Machine learning is widely used in various applications such as image recognition, autonomous vehicles, and email filtering. Despite its success, concerns about the integrity and security of a model’s predictions and accuracy are on the rise.
To address these issues, Dr. Yupeng Zhang, professor in the Department of Computer Science and Engineering at Texas A&M University, and his team applied cryptographic algorithms called zero-knowledge proof protocols to the domain of machine learning.
“These protocols will allow the owner of a machine-learning model to prove to others that the model can achieve a high accuracy on public datasets without leaking any information about the machine-learning model itself,” said Zhang.
The researchers’ findings were published in the proceedings from the Association for Computing Machinery’s 2020 Conference on Computer and Communications Security.
Machine learning is a form of artificial intelligence that focuses on algorithms that give a computer system the ability to learn from data and improve its accuracy over time. These algorithms build models to find patterns within large amounts of data to make decisions and predictions without being programmed.
Over the years, machine-learning models have undergone a great deal of development, which has led to significant progress in several research areas such as data mining and natural language processing. Several companies and research groups claim to have developed machine-learning models that can achieve very high accuracy on public testing samples of data. Still, reproducing the results to verify those claims remains a challenge for researchers. It is unknown if they can achieve that accuracy or not, and it isn’t easy to justify.

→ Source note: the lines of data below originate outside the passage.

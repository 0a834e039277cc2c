// The conditions on relations over one and two worlds.
ghost use Rattle.std.specs.Prelude.{◌≡◌, ◌<◌, [], ◌∷◌, length, IfOk};
ghost use Rattle.nxf_tree.specs.declared.tree.Signature.{Signature};
ghost use Rattle.nxf_tree.specs.WellFormed.{IsWellFormed, AreOrdered};
ghost use Rattle.fin_struct.specs.KripkeTables.{IsKripkeFor};

use fin_struct::{Condition, Kripke};
use frames::{axioms, first_fault};
use nxf_base::{List, Memory, Text};
use nxf_tree::{IndexEntry, IndexName, Scheme, Signature};
use std::alloc::Global;
use std::test::Fail;

fn list_of(alloc: Global, chosen: &[Scheme]) -> Result<List<Scheme>, Memory>
    ensures { IfOk result (λ list. list ≡ chosen.now) }
{
    let mut schemes = List::new(alloc);
    for scheme in chosen {
        schemes.push(*scheme)?;
    }
    Ok(schemes)
}

// A signature with one index, which has these schemes.
fn with_schemes(alloc: Global, chosen: &[Scheme]) -> Result<Signature, Memory>
    requires { AreOrdered chosen.now }
    ensures formed { IfOk result IsWellFormed }
    ensures indexes { IfOk result (λ over. length over.indexes ≡ 1) }
    ensures sorts { IfOk result (λ over. over.sorts ≡ []) }
{
    let mut indexes = List::new(alloc);
    indexes.push(IndexEntry {
        name: IndexName::Plain,
        schemes: list_of(alloc, chosen)?,
    })?;
    Ok(Signature {
        sorts: List::new(alloc),
        symbols: List::new(alloc),
        indexes,
    })
}

// Adds a pair to the relation of an index, if both are worlds.
fn relate(kripke: &mut Kripke, index: u32, from: u32, to: u32)
    requires { index < kripke.old.indexes }
    ensures same { (sig : Signature) → IsKripkeFor sig kripke.old → IsKripkeFor sig kripke.new }
    ensures indexes { kripke.new.indexes ≡ kripke.old.indexes }
{
    if from >= kripke.worlds() || to >= kripke.worlds() {
        return;
    }
    kripke.set_related(index, from, to, true);
}

// A structure with two worlds, and these pairs in the relation of the first index.
fn with_pairs(alloc: Global, over: &Signature, pairs: &[(u32, u32)]) -> Result<Kripke, Fail>
    requires well_formed { IsWellFormed over.now }
    requires index { 0 < length over.now.indexes }
    requires sorts { over.now.sorts ≡ [] }
    ensures { IfOk result (λ kripke. IsKripkeFor over.now kripke) }
{
    let mut sizes = List::new(alloc);
    sizes.push(2)?;
    let mut kripke = Kripke::new(alloc, over, &sizes)?;
    for (from, to) in pairs {
        relate(&mut kripke, 0, *from, *to);
    }
    Ok(kripke)
}

// The first fault of two worlds with these pairs, under these schemes.
fn fault_of(
    alloc: Global,
    chosen: &[Scheme],
    pairs: &[(u32, u32)],
) -> Result<Option<Condition>, Fail>
    requires { AreOrdered chosen.now }
{
    let over = with_schemes(alloc, chosen)?;
    let kripke = with_pairs(alloc, &over, pairs)?;
    Ok(first_fault(&over, &kripke))
}

// The number of axioms of these schemes.
fn count(alloc: Global, chosen: &[Scheme]) -> Result<usize, Memory>
    requires { AreOrdered chosen.now }
{
    let signature = with_schemes(alloc, chosen)?;
    Ok(axioms(alloc, &signature)?.len())
}

// A relation that is symmetric, and neither reflexive nor transitive.
#[test]
#[tactic(auto, unfolding(nxf_tree::specs::SpecificationWords::same_scheme))]
fn first_of_two_schemes(rt: HostRuntime) -> Result<(), Fail> {
    let alloc = rt.alloc();
    let pairs = [(0, 1), (1, 0)].as_slice();
    let second = fault_of(alloc, &[Scheme::B, Scheme::Four], pairs)?;
    assert_eq!(rt; second, Some(Condition::Frame(0, Scheme::Four)));
    let first = fault_of(alloc, &[Scheme::T, Scheme::Four], pairs)?;
    assert_eq!(rt; first, Some(Condition::Frame(0, Scheme::T)));
    assert_eq!(rt; count(alloc, &[Scheme::B, Scheme::Four])?, 2);
    Ok(())
}

// The first fault where the relation of `[.]` is to be reflexive, and that of `[#a]` serial. Both have one world, which is
// reached for an index as said.
#[tactic(auto, unfolding(nxf_tree::specs::SpecificationWords::same_scheme))]
fn fault_of_two(alloc: Global, plain: bool, named: bool) -> Result<Option<Condition>, Fail> {
    let mut indexes = List::new(alloc);
    indexes.push(IndexEntry {
        name: IndexName::Plain,
        schemes: list_of(alloc, &[Scheme::T])?,
    })?;
    indexes.push(IndexEntry {
        name: IndexName::Named(Text::from_bytes(alloc, b"a")?),
        schemes: list_of(alloc, &[Scheme::D])?,
    })?;
    let over = Signature {
        sorts: List::new(alloc),
        symbols: List::new(alloc),
        indexes,
    };
    let mut sizes = List::new(alloc);
    sizes.push(1)?;
    let mut kripke = Kripke::new(alloc, &over, &sizes)?;
    kripke.set_related(0, 0, 0, plain);
    kripke.set_related(1, 0, 0, named);
    Ok(first_fault(&over, &kripke))
}

#[test]
fn first_of_two_indexes(rt: HostRuntime) -> Result<(), Fail> {
    let alloc = rt.alloc();
    let reflexive = Some(Condition::Frame(0, Scheme::T));
    let serial = Some(Condition::Frame(1, Scheme::D));
    for (plain, named, fault) in [
        (true, true, None),
        (false, true, reflexive),
        (true, false, serial),
        (false, false, reflexive),
    ] {
        assert_eq!(rt; fault_of_two(alloc, plain, named)?, fault);
    }
    Ok(())
}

The theoretical foundation of cybersecurity and cryptography is the science of protecting information and communications through a series of codes so that only the sender and the intended recipient have the ability to view and understand it. It’s most commonly used to develop tools such as encryptions, cybertext, digital signatures, and hash functions.
There are approaches outside of cryptography that could be used, one of which involves releasing the model to the public. However, as machine-learning models have become critical intellectual property for many companies, they can’t be released because they contain sensitive information essential to the business.
“This approach is also problematic because once the model is out there, there is a software tool online anyone could use to verify,” said Zhang. “Recent research also shows that the model’s information could be used to reconstruct it and used for whatever they desire.”
As an application of cryptography, zero-knowledge-proof protocols are a mathematical method that allows the owner of a machine-learning model to produce succinct proof of it to prove with an overwhelming probability that something is true without sharing any extra information about it.
While there has been a significant improvement in the use of general-purpose zero-knowledge proof schemes in the last decade, constructing efficient machine-learning prediction and accuracy tests remains a challenge because of the time it takes to generate proof.
“When we applied these generic techniques to common machine-learning models, we found that it would take several days or months for a company to generate a proof to prove to the public that their model can achieve what they claim,” said Zhang.
For a more efficient approach, Zhang and his team designed several new zero-knowledge proof techniques and optimizations specifically tailored to turn the computations of a decision tree model, which is one of the most commonly used machine-learning algorithms, into zero-knowledge proof statements.
Using their approach on the computations of a decision tree, they found that it would take less than 300 seconds to generate proof that would prove the model can achieve high accuracy on a dataset.
As their newly developed approach only addresses generating proof for decision tree models, the researchers want to expand their approach to efficiently support different types of machine-learning models.